There are not necessarily bad guys out there doing it deliberately. As long as it is possible to use arbitrary subdomains, it will happen somehow.
For example, there be a list with two domains somewhere in a search index of some search engine:
domain.com
www.sott.net
Then a line break occurs and you have domain.comsott.net which I have seen (another domain name of course).
Someone posts an URL in obfuscated form like ww w.sott.net / article … and you get the problem.
For example here: _http://www.youtube.com/watch?v=dZk0ZGNHkoQ
There is a user comment (obviously written with a malfunctioning keyboard):
comment said:
ht tp:/ /cryptome. org/eyeball/daiichi-npp15/daiichi-photos15.htm Cryptome.org has info that everyone imo should know + ht tp://w w w.sott.net/articles/show/228933-HAARP-and-The-Canary-in-the-Mine starts in 2004 to present day. Dunno if yt purged my previous comment or you did. If you I appreciate the protection 4 me effort. Shared sott.net also with henning. The rest of this with you. TC.
And so on …
On the other hand, if you look at constructions like zihggbu.sott.net or xxx.sott.net or 66.sott.net, one might really wonder what actually happened.

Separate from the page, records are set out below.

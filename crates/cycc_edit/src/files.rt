// Files, whole or as they were.

use command_line::status::{FILE_FAULT, MEMORY, SUCCESS};
use command_line::{shown, why_no_name};
use std::fs::{File, Permissions};
use std::io::{Read, Write};
use std::{fs, io, process};

/// A text of more bytes is refused, so no more are read.
pub(crate) const MOST: u64 = 1_048_577;

/// The bytes of a file, or of standard input where the path is `-`.
pub(crate) fn bytes_of(rt: &HostRuntime, path: &str) -> io::Result<Vec<u8>> {
    let mut bytes = Vec::new(rt.alloc());
    if path == "-" {
        rt.stdin().take(MOST).read_to_end(&mut bytes)?;
    } else {
        File::open(rt, path)?.take(MOST).read_to_end(&mut bytes)?;
    }
    Ok(bytes)
}

/// What is said where a file can't be read or written, and the status.
pub(crate) fn file_fault(rt: &HostRuntime, what: &str, path: &str, error: &io::Error) -> u8 {
    if error.kind() == io::ErrorKind::OutOfMemory {
        let _ = eprintln!(rt; "out of memory");
        return MEMORY;
    }
    let why = why_no_name(path);
    let path = shown(path);
    let _ = eprintln!(rt; "cannot {what} {path}{why}");
    FILE_FAULT
}

/// Writes bytes to a new file with these permissions.
fn make(rt: &HostRuntime, path: &str, bytes: &[u8], permissions: Permissions) -> io::Result<()> {
    let mut file = File::create_new(rt, path)?;
    file.write_all(bytes)?;
    file.set_permissions(permissions)?;
    file.sync_all()
}

/// Puts bytes in the place of a file: all of them, or the file stays as it was. They are written to a file beside it, which then takes its name.
fn put_in_place(rt: &HostRuntime, path: &str, bytes: &[u8]) -> io::Result<()> {
    let target = fs::canonicalize(rt, path)?;
    let permissions = fs::metadata(rt, &target)?.permissions();
    let target = target.as_str();
    let number = process::id(rt.process());
    let beside = format!(in rt.alloc(); "{target}.{number}.new")?;
    let made = make(rt, beside.as_str(), bytes, permissions);
    let done = match made {
        Ok(()) => fs::rename(rt, beside.as_str(), target),
        Err(error) => Err(error),
    };
    if done.is_err() {
        let _ = fs::remove_file(rt, beside.as_str());
    }
    done
}

/// Puts bytes in the place of a file, and answers the status.
pub(crate) fn replace(rt: &HostRuntime, path: &str, bytes: &[u8]) -> u8 {
    match put_in_place(rt, path, bytes) {
        Ok(()) => SUCCESS,
        Err(error) => file_fault(rt, "write", path, &error),
    }
}

/// Writes bytes to standard output, and answers the status.
pub(crate) fn print(rt: &HostRuntime, bytes: &[u8]) -> u8 {
    match rt.stdout().write_all(bytes) {
        Ok(()) => SUCCESS,
        Err(error) => file_fault(rt, "write", "standard output", &error),
    }
}
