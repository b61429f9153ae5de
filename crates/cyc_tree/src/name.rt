// Names, and types as they are written.

use smallvec::SmallVec;
use std::alloc::Global;
use std::default::MadeWith;

/// A name: where it stands, and its spelling.
#[derive(Debug, Drop)]
pub struct Name {
    pub at: u32,
    pub text: Vec<u8>,
}

/// A region name.
#[derive(Debug)]
pub enum RegionName {
    /// `` `H ``, the heap.
    Heap(u32),
    /// `` `U ``, the unique region.
    Unique(u32),
    /// Another name, without its backquote. Its place is the backquote's.
    Named(Name),
}

impl RegionName {
    ghost use Rattle.std.specs.Prelude.{◌≡◌};
    ghost use Rattle.cyc_tree.specs.View.{region_tree};
    ghost use Rattle.cyc_tree.specs.Places.{region_place};

    /// The place of its backquote.
    pub fn place(&self) -> u32
        ensures { result ≡ region_place (region_tree self.now) }
    {
        match self {
            RegionName::Heap(at) | RegionName::Unique(at) => *at,
            RegionName::Named(name) => name.at,
        }
    }
}

// What the places of a short list hold that no region name is in.
impl MadeWith<Global> for RegionName {
    fn made_with(_alloc: Global) -> Self {
        RegionName::Heap(0)
    }
}

/// Region names, in order. Two lie in the list itself, and more than two in an allocation.
pub type RegionNames = SmallVec<RegionName, 2>;

/// What a type begins with.
pub enum Base {
    Int,
    Unsigned,
    Char,
    Void,
    /// A struct by its tag, with the region arguments that are written.
    Struct(Name, RegionNames),
    /// A tagged union by its tag, with the region arguments that are written.
    Union(Name, RegionNames),
    /// A region's handle.
    Handle(RegionName),
    /// A dynamic region's key.
    Key(RegionName),
}

// Written out, so that a caller's proof sees one call and not the drop of each field.
impl Drop for Base {
    fn drop(self) {
        match self {
            Base::Int | Base::Unsigned | Base::Char | Base::Void => {}
            Base::Struct(_tag, _regions) | Base::Union(_tag, _regions) => {}
            Base::Handle(_region) | Base::Key(_region) => {}
        }
    }
}

/// The sign of a pointer.
#[derive(Clone, Copy, Debug)]
pub enum Sign {
    /// `*`, `*{n}`: thin, may be NULL; to how many elements, 1 where no number is written.
    Nullable(u32),
    /// `@`, `@{n}`: thin, never NULL; to how many elements, 1 where no number is written.
    NotNull(u32),
    /// `?`: fat.
    Fat,
}

/// A pointer's sign, and its region where one is written.
#[derive(Debug, Drop)]
pub struct Pointer {
    pub sign: Sign,
    pub region: Option<RegionName>,
}

/// A type as it is written: where it stands, its base, and the pointers to it, from the base outwards.
pub struct TypeName {
    pub at: u32,
    pub base: Base,
    pub pointers: Vec<Pointer>,
}

// Written out, so that a caller's proof sees one call and not the drop of each field.
impl Drop for RegionName {
    fn drop(self) {
        match self {
            RegionName::Heap(_) | RegionName::Unique(_) => {}
            RegionName::Named(_name) => {}
        }
    }
}

// Written out, so that a caller's proof sees one call and not the drop of each field.
impl Drop for TypeName {
    fn drop(self) {
        let TypeName {
            at: _at,
            base: _base,
            pointers: _pointers,
        } = self;
    }
}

Try this one for redirection (add subdomains as you wish):
Code:
# Subdomain handling
<IfModule mod_rewrite.c>
RewriteEngine on
RewriteBase /
RewriteCond %{HTTP_HOST} ^.+(www|de|es|fr|mail)\.sott\.net$ [NC]
RewriteRule ^(.*)$ http://%1.sott.net/$1 [R=301,L]
RewriteCond %{HTTP_HOST} !^(www|de|es|fr|mail)\.sott\.net$ [NC]
RewriteRule ^(.*)$ http://www.sott.net/$1 [R=301,L]
</IfModule>
Don't use the other code, the dots are not escaped there. It was only an illustration.
You should also add to your robots.txt file certain pages which are not intended for search engines. Append:
Code:
User-agent: *
Disallow: /users/login
Disallow: /users/signup
Add further pages if necessary.
Another SEO issue is archive pages like http://www.sott.net/signs/archive/en/2012/signs20120906.htm
They may be visited by search engines but should not be indexed. They displace article pages and actual content. Such pages should be configured with:
Code:
<meta name="robots" content="noindex, follow">
There is also redirection missing concerning ending slashes. For example:
users/login and users/login/ coexist! This is also where canonical comes in handy.